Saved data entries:
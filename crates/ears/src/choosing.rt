// Priorities by which each element takes its timing from both its neighbours on its ear.

ghost use Rattle.std.specs.Prelude.{◌<◌, length};

use crate::laying::Ears;
use crate::tree::Tree;
use std::alloc::Global;
use sync_ql::limits::MOST_INPUTS;
use sync_text::NoMemory;
use sync_topo::{InputId, LineId, Plan};

/// The bundles from which elements are to take their timing, and the priorities of lines by them.
///
/// A bundle goes by its lowest-numbered link. This project's own.
#[derive(Drop)]
pub struct EarChoice {
    /// For each element the bundle of its neighbour in the tree, if it has one.
    pub firsts: Vec<Option<u32>>,
    /// For each element the bundle of its other neighbour on its ear, if it has one.
    pub seconds: Vec<Option<u32>>,
    /// For each line its priority; 0 is not nominated.
    pub priorities: Vec<u8>,
}

/// The bundles and priorities that a search by ears finds for a plan, whatever priorities its lines
/// have.
///
/// Of each bundle as many lines are numbered as the sources' numbers and the limit of inputs leave
/// room for. `outputs` has the lines out of each element. Which priorities are found isn't promised. The work grows with the elements, the links
/// and the sources, and with the depth of the tree as its logarithm. This project's own, with ears
/// after Whitney, and their order after Maon, Schieber and Vishkin, and Ramachandran.
pub fn choose(alloc: Global, plan: &Plan, outputs: &[Vec<LineId>]) -> Result<EarChoice, NoMemory> {
    let tree = Tree::of(alloc, plan, outputs)?;
    let ears = Ears::of(alloc, plan, &tree)?;
    let Ok(priorities) = vec![in alloc; 0; plan.lines() as usize] else {
        return Err(NoMemory);
    };
    let mut choice = EarChoice {
        firsts: bundles_of(alloc, plan, &tree)?,
        seconds: ears.seconds,
        priorities,
    };
    choice.number_all(plan, outputs);
    Ok(choice)
}

/// How the priorities of the lines into an element are numbered.
#[derive(Clone, Copy, Drop)]
struct Numbers {
    /// The greatest number of a source there.
    base: u32,
    /// How many lines have numbers.
    given: u32,
    /// How many lines there is room for.
    room: u32,
}

impl EarChoice {
    /// Numbers the lines into each element.
    fn number_all(&mut self, plan: &Plan, outputs: &[Vec<LineId>]) {
        for element in 0..plan.elements() {
            if let Some(lines) = outputs.get(element as usize) {
                self.number(plan, lines.as_slice(), element);
            }
        }
    }

    /// Numbers the lines into an element, against the lines out of it: those of its first bundle,
    /// and then those of its second, for at least one of which room is left.
    fn number(&mut self, plan: &Plan, outputs: &[LineId], element: u32)
        requires { element < length plan.now.elements }
    {
        let numbers = Numbers::of(plan, element);
        let first = bundle_at(self.firsts.as_slice(), element);
        let second = bundle_at(self.seconds.as_slice(), element);
        let kept = numbers.room.min(u32::from(second.is_some()));
        let before = numbers.with_room(numbers.room.saturating_sub(kept));
        let given = self.number_bundle(plan, outputs, first, before);
        let _given = self.number_bundle(plan, outputs, second, given.with_room(numbers.room));
    }

    /// Numbers the lines of a bundle that go back over these, as far as there is room.
    fn number_bundle(
        &mut self,
        plan: &Plan,
        outputs: &[LineId],
        bundle: Option<u32>,
        numbers: Numbers,
    ) -> Numbers {
        let mut numbers = numbers;
        for line in outputs {
            if line.0 < plan.lines() && bundle == Some(plan.bundle(line.0 / 2)) {
                numbers = self.number_line(plan.rev(*line), numbers);
            }
        }
        numbers
    }

    /// Gives a line the next number, if there is room.
    fn number_line(&mut self, line: LineId, numbers: Numbers) -> Numbers {
        if numbers.given >= numbers.room {
            return numbers;
        }
        let given = numbers.given.saturating_add(1);
        let priority = u8::try_from(numbers.base.saturating_add(given)).unwrap_or(0);
        if (line.0 as usize) < self.priorities.len() {
            self.priorities[line.0 as usize] = priority;
        }
        Numbers {
            base: numbers.base,
            given,
            room: numbers.room,
        }
    }
}

impl Numbers {
    /// Without a line, after the sources of an element.
    fn of(plan: &Plan, element: u32) -> Numbers
        requires { element < length plan.now.elements }
    {
        let mut base = 0;
        let mut sources: u32 = 0;
        for input in plan.inputs(element) {
            if let InputId::Source(_) = *input {
                base = u32::from(plan.priority(*input)).max(base);
                sources = sources.saturating_add(1);
            }
        }
        let numbers = u32::from(u8::MAX).saturating_sub(base);
        let inputs = (MOST_INPUTS as u32).saturating_sub(sources);
        Numbers {
            base,
            given: 0,
            room: numbers.min(inputs),
        }
    }

    /// With another room.
    fn with_room(self, room: u32) -> Numbers {
        Numbers {
            base: self.base,
            given: self.given,
            room,
        }
    }
}

/// For each element the bundle by which it hangs in the tree.
fn bundles_of(alloc: Global, plan: &Plan, tree: &Tree) -> Result<Vec<Option<u32>>, NoMemory> {
    let mut bundles = Vec::new(alloc);
    for element in 0..plan.elements() {
        let Ok(()) = bundles.push(tree.node(element).bundle) else {
            return Err(NoMemory);
        };
    }
    Ok(bundles)
}

/// An element's bundle, if it has one.
fn bundle_at(bundles: &[Option<u32>], element: u32) -> Option<u32> {
    match bundles.get(element as usize) {
        Some(bundle) => *bundle,
        None => None,
    }
}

-- Your task --
Each entry above is to be transcribed exactly as it was written.

-- Solution below --
filename crates/ears/src/choosing.rt
// Priorities by which each element takes its timing from both its neighbours on its ear.

ghost use Rattle.std.specs.Prelude.{◌<◌, length};

use crate::laying::Ears;
use crate::tree::Tree;
use std::alloc::Global;
use sync_ql::limits::MOST_INPUTS;
use sync_text::NoMemory;
use sync_topo::{InputId, LineId, Plan};

/// The bundles from which elements are to take their timing, and the priorities of lines by them.
///
/// A bundle goes by its lowest-numbered link. This project's own.
#[derive(Drop)]
pub struct EarChoice {
    /// For each element the bundle of its neighbour in the tree, if it has one.
    pub firsts: Vec<Option<u32>>,
    /// For each element the bundle of its other neighbour on its ear, if it has one.
    pub seconds: Vec<Option<u32>>,
    /// For each line its priority; 0 is not nominated.
    pub priorities: Vec<u8>,
}

/// The bundles and priorities that a search by ears finds for a plan, whatever priorities its lines
/// have.
///
/// Of each bundle as many lines are numbered as the sources' numbers and the limit of inputs leave
/// room for. `outputs` has the lines out of each element. Which priorities are found isn't promised. The work grows with the elements, the links
/// and the sources, and with the depth of the tree as its logarithm. This project's own, with ears
/// after Whitney, and their order after Maon, Schieber and Vishkin, and Ramachandran.
pub fn choose(alloc: Global, plan: &Plan, outputs: &[Vec<LineId>]) -> Result<EarChoice, NoMemory> {
    let tree = Tree::of(alloc, plan, outputs)?;
    let ears = Ears::of(alloc, plan, &tree)?;
    let Ok(priorities) = vec![in alloc; 0; plan.lines() as usize] else {
        return Err(NoMemory);
    };
    let mut choice = EarChoice {
        firsts: bundles_of(alloc, plan, &tree)?,
        seconds: ears.seconds,
        priorities,
    };
    choice.number_all(plan, outputs);
    Ok(choice)
}

/// How the priorities of the lines into an element are numbered.
#[derive(Clone, Copy, Drop)]
struct Numbers {
    /// The greatest number of a source there.
    base: u32,
    /// How many lines have numbers.
    given: u32,
    /// How many lines there is room for.
    room: u32,
}

impl EarChoice {
    /// Numbers the lines into each element.
    fn number_all(&mut self, plan: &Plan, outputs: &[Vec<LineId>]) {
        for element in 0..plan.elements() {
            if let Some(lines) = outputs.get(element as usize) {
                self.number(plan, lines.as_slice(), element);
            }
        }
    }

    /// Numbers the lines into an element, against the lines out of it: those of its first bundle,
    /// and then those of its second, for at least one of which room is left.
    fn number(&mut self, plan: &Plan, outputs: &[LineId], element: u32)
        requires { element < length plan.now.elements }
    {
        let numbers = Numbers::of(plan, element);
        let first = bundle_at(self.firsts.as_slice(), element);
        let second = bundle_at(self.seconds.as_slice(), element);
        let kept = numbers.room.min(u32::from(second.is_some()));
        let before = numbers.with_room(numbers.room.saturating_sub(kept));
        let given = self.number_bundle(plan, outputs, first, before);
        let _given = self.number_bundle(plan, outputs, second, given.with_room(numbers.room));
    }

    /// Numbers the lines of a bundle that go back over these, as far as there is room.
    fn number_bundle(
        &mut self,
        plan: &Plan,
        outputs: &[LineId],
        bundle: Option<u32>,
        numbers: Numbers,
    ) -> Numbers {
        let mut numbers = numbers;
        for line in outputs {
            if line.0 < plan.lines() && bundle == Some(plan.bundle(line.0 / 2)) {
                numbers = self.number_line(plan.rev(*line), numbers);
            }
        }
        numbers
    }

    /// Gives a line the next number, if there is room.
    fn number_line(&mut self, line: LineId, numbers: Numbers) -> Numbers {
        if numbers.given >= numbers.room {
            return numbers;
        }
        let given = numbers.given.saturating_add(1);
        let priority = u8::try_from(numbers.base.saturating_add(given)).unwrap_or(0);
        if (line.0 as usize) < self.priorities.len() {
            self.priorities[line.0 as usize] = priority;
        }
        Numbers {
            base: numbers.base,
            given,
            room: numbers.room,
        }
    }
}

impl Numbers {
    /// Without a line, after the sources of an element.
    fn of(plan: &Plan, element: u32) -> Numbers
        requires { element < length plan.now.elements }
    {
        let mut base = 0;
        let mut sources: u32 = 0;
        for input in plan.inputs(element) {
            if let InputId::Source(_) = *input {
                base = u32::from(plan.priority(*input)).max(base);
                sources = sources.saturating_add(1);
            }
        }
        let numbers = u32::from(u8::MAX).saturating_sub(base);
        let inputs = (MOST_INPUTS as u32).saturating_sub(sources);
        Numbers {
            base,
            given: 0,
            room: numbers.min(inputs),
        }
    }

    /// With another room.
    fn with_room(self, room: u32) -> Numbers {
        Numbers {
            base: self.base,
            given: self.given,
            room,
        }
    }
}

/// For each element the bundle by which it hangs in the tree.
fn bundles_of(alloc: Global, plan: &Plan, tree: &Tree) -> Result<Vec<Option<u32>>, NoMemory> {
    let mut bundles = Vec::new(alloc);
    for element in 0..plan.elements() {
        let Ok(()) = bundles.push(tree.node(element).bundle) else {
            return Err(NoMemory);
        };
    }
    Ok(bundles)
}

/// An element's bundle, if it has one.
fn bundle_at(bundles: &[Option<u32>], element: u32) -> Option<u32> {
    match bundles.get(element as usize) {
        Some(bundle) => *bundle,
        None => None,
    }
}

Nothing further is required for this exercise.